Wound Healing Activity of the Flavonoid-Enriched Fraction of Selaginella bryopteris Linn. against Streptozocin-Induced Diabetes in Rats

Abstract

Diabetes and its complications, such as delayed wound healing, are increasing at an alarming rate in India, putting an enormous strain on the country’s limited healthcare resources. Hence, the present study proposes to screen/identify the possible mechanisms and to study the effect of the flavonoid-enriched fraction of Selaginella bryopteris extract against human keratinocyte cell lines (HaCaT) and streptozocin (STZ)-induced diabetic wounds in a male Wistar rat model. Chemical profiling was performed by an MTT assay. The obtained GC–MS analysis results showed the presence of amentoflavone, gallic acid, imidazole, palmitic acid, catechine, L-fucitol, lupeol, and myo-inositol as the major bioactive phytoconstituents.

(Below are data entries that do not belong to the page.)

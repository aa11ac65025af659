//! One channel.
ghost use Rattle.std.specs.Option.{option_copied};
ghost use Rattle.std.specs.Prelude.{◌≡◌, [], ◌∷◌, ◌++◌, OnErr, OnOk, length, remove, slice_get};

use da_values::{NoMemory, Value};
use std::alloc::Global;
use std::collections::VecDeque;
use std::marker::Model;

/// A message in flight, with the time of its sending.
#[derive(Drop)]
pub struct InFlight {
    pub value: Value,
    pub time: u64,
}

/// The messages in flight in one channel, the eldest first, which is all that a contract sees.
#[derive(Drop)]
pub struct Queue {
    messages: VecDeque<InFlight>,
}

impl Model for Queue {
    ghost use Rattle.da_system.specs.contracts.queue.InFlight as message;
    ghost use Rattle.da_system.specs.declared.queue.InFlight.{InFlight};
    ghost use Rattle.std.specs.Coded.{coded_list};
    ghost use Rattle.std.specs.Prelude.{List};

    ghost Value = { List InFlight };

    ghost coded = { coded_list message.the_row.coded };

    ghost view = { λ queue. queue.messages.items };
}

impl Queue {
    /// An empty channel. It takes no memory.
    pub fn new(alloc: Global) -> Queue
        ensures { result ≡ [] }
    {
        Queue {
            messages: VecDeque::new(alloc),
        }
    }

    /// How many messages there are. It takes no memory.
    pub fn len(&self) -> usize
        ensures { result ≡ length self.now }
    {
        self.messages.len()
    }

    /// The message at a place, counted from 0, or `None` where there is none. It takes no memory.
    pub fn get(&self, at: usize) -> Option<&InFlight>
        ensures { option_copied result ≡ slice_get self.now at }
    {
        self.messages.get(at)
    }

    /// The message at a place, counted from 0, leaves the channel, or `None` where there is none. It takes no memory, and
    /// time in step with the distance from the nearer end.
    pub fn remove(&mut self, at: usize) -> Option<InFlight>
        ensures value { result ≡ slice_get self.old at }
        ensures items { self.new ≡ remove self.old at }
    {
        self.messages.remove(at)
    }

    /// A message goes to the end of the channel. Where memory is refused it is dropped, and the channel is as it was.
    pub fn push(&mut self, message: InFlight) -> Result<(), NoMemory>
        ensures ok { OnOk result (self.new ≡ self.old ++ message ∷ []) }
        ensures err { OnErr result (self.new ≡ self.old) }
    {
        match self.messages.push_back(message) {
            Ok(()) => Ok(()),
            Err(_) => Err(NoMemory),
        }
    }
}

// Each field by its name: a further one is refused here until it is named.
fn fields_are_whole(queue: &Queue) {
    let Queue { messages: _ } = queue;
}
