//! A watch beside a run: a program that is handed what another one puts out, and says what is wrong with it.
#![tactic(auto)]

mod telling;
mod watcher;

pub use telling::tell_watched;
pub use watcher::{Watcher, is_said, says_any};
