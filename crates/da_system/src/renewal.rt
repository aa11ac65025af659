//! The counts of the events that may be picked follow each step.
//!
//! What a process may do changes with its own step alone, what may arrive at it with that too, and what is in a channel with
//! what is sent, lost or doubled there. So a step renews the counts of one process, and of the channels that lead to it or
//! that it sent into.
ghost use Rattle.da_system.specs.Counts.{AreCounts, CountsChannel, CountsEvent, CountsProcess, CountsSent, CountsStep, HasSizes, KeepsCounts};
ghost use Rattle.da_system.specs.Network.{Whichever, program_of};
ghost use Rattle.std.specs.List.{AllByRecursion};
ghost use Rattle.std.specs.Prelude.{◌≤◌, drop, length};

use crate::counts::Counts;
use crate::network::Network;
use da_lang::{Action, Event};
use da_values::List;

/// All counts are made anew. It takes no memory.
pub(crate) fn renew_all(network: &Network<'_>, counts: &mut Counts)
    ensures { Whichever network.now (λ s. HasSizes (length s.worlds) counts.old
        → AreCounts (program_of network.now) s counts.new) }
{
    for place in 0..network.channels.processes() {
        renew_process(network, counts, place + 1);
    }
}

/// The counts follow an event that did the actions after the first `told` ones. It takes no memory.
pub(crate) fn follow(
    network: &Network<'_>,
    counts: &mut Counts,
    e: &Event,
    told: usize,
    out: &List<Action>,
)
    requires { told ≤ length out.now }
    ensures keeps { Whichever network.now (λ s. KeepsCounts (program_of network.now) s counts.old counts.new) }
    ensures made { Whichever network.now (λ s. HasSizes (length s.worlds) counts.old
        → CountsStep (program_of network.now) s e.now (drop told out.now) counts.new) }
{
    renew_event(network, counts, e);
    renew_sent(network, counts, &out.as_slice()[told..]);
}

// What the event itself may have changed is counted anew.
fn renew_event(network: &Network<'_>, counts: &mut Counts, e: &Event)
    ensures keeps { Whichever network.now (λ s. KeepsCounts (program_of network.now) s counts.old counts.new) }
    ensures made { Whichever network.now (λ s. HasSizes (length s.worlds) counts.old
        → CountsEvent (program_of network.now) s counts.new e.now) }
{
    match e {
        Event::Move { p } => renew_process(network, counts, *p),
        Event::Take { p, .. } => renew_process(network, counts, *p),
        Event::Timeout { p } => renew_process(network, counts, *p),
        Event::Deliver { q, .. } => renew_process(network, counts, *q),
        Event::Lose { p, q, .. } => renew_channel(network, counts, *p, *q),
        Event::Repeat { p, q, .. } => renew_channel(network, counts, *p, *q),
        Event::Show { .. } => {}
        Event::Stat { .. } => {}
    }
}

// The channels into which the actions send are counted anew.
fn renew_sent(network: &Network<'_>, counts: &mut Counts, actions: &[Action])
    ensures keeps { Whichever network.now (λ s. KeepsCounts (program_of network.now) s counts.old counts.new) }
    ensures made { Whichever network.now (λ s. HasSizes (length s.worlds) counts.old
        → AllByRecursion (CountsSent (program_of network.now) s counts.new) actions.now) }
{
    for action in actions {
        renew_action(network, counts, action);
    }
}

// The same of one action.
fn renew_action(network: &Network<'_>, counts: &mut Counts, action: &Action)
    ensures keeps { Whichever network.now (λ s. KeepsCounts (program_of network.now) s counts.old counts.new) }
    ensures made { Whichever network.now (λ s. HasSizes (length s.worlds) counts.old
        → CountsSent (program_of network.now) s counts.new action.now) }
{
    match action {
        Action::Sent { p, q, .. } => renew_channel(network, counts, u32::from(*p), u32::from(*q)),
        _ => {}
    }
}

// The moves of process `p` are counted anew, and the messages that may arrive at it.
fn renew_process(network: &Network<'_>, counts: &mut Counts, p: u32)
    ensures keeps { Whichever network.now (λ s. KeepsCounts (program_of network.now) s counts.old counts.new) }
    ensures made { Whichever network.now (λ s. HasSizes (length s.worlds) counts.old
        → CountsProcess (program_of network.now) s counts.new p) }
{
    let count = network.moves(p);
    counts.put_moves(p, count);
    for place in 0..network.channels.processes() {
        renew_channel(network, counts, place + 1, p);
    }
}

// The messages from process `p` to process `q` that may be picked are counted anew.
fn renew_channel(network: &Network<'_>, counts: &mut Counts, p: u32, q: u32)
    ensures keeps { Whichever network.now (λ s. KeepsCounts (program_of network.now) s counts.old counts.new) }
    ensures made { Whichever network.now (λ s. HasSizes (length s.worlds) counts.old
        → CountsChannel (program_of network.now) s counts.new p q) }
{
    let count = network.deliveries(p, q);
    counts.put_deliveries(p, q, count);
}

S. bryopteris induces the generation of ROS, the condensation of chromatin in the nucleus, and changes in the membrane potential of mitochondria in HaCaT cell lines. An S. bryopteris-dependent induction of apoptosis-mediated cell death in HaCaT cell lines was confirmed by an AO/PI analysis. Mitochondrial depolarization was reflected in JC-1 staining of cells. The wound size was reduced and epithelialization was enhanced. Keratinocyte migration decreased interleukins, TNF-α, IL-2, and IL-6 and the expression of pro-apoptotic (p53, caspase-3, caspase-9, and Bax) and anti-apoptotic (Bcl-2) genes in a dose-dependent manner. Keratinocyte migration increased antioxidant enzyme levels (CAT, SOD, MDA, and GSH). Wound healing is facilitated through the mitochondria-mediated apoptosis pathway, revealing a new area of diabetic wound therapy.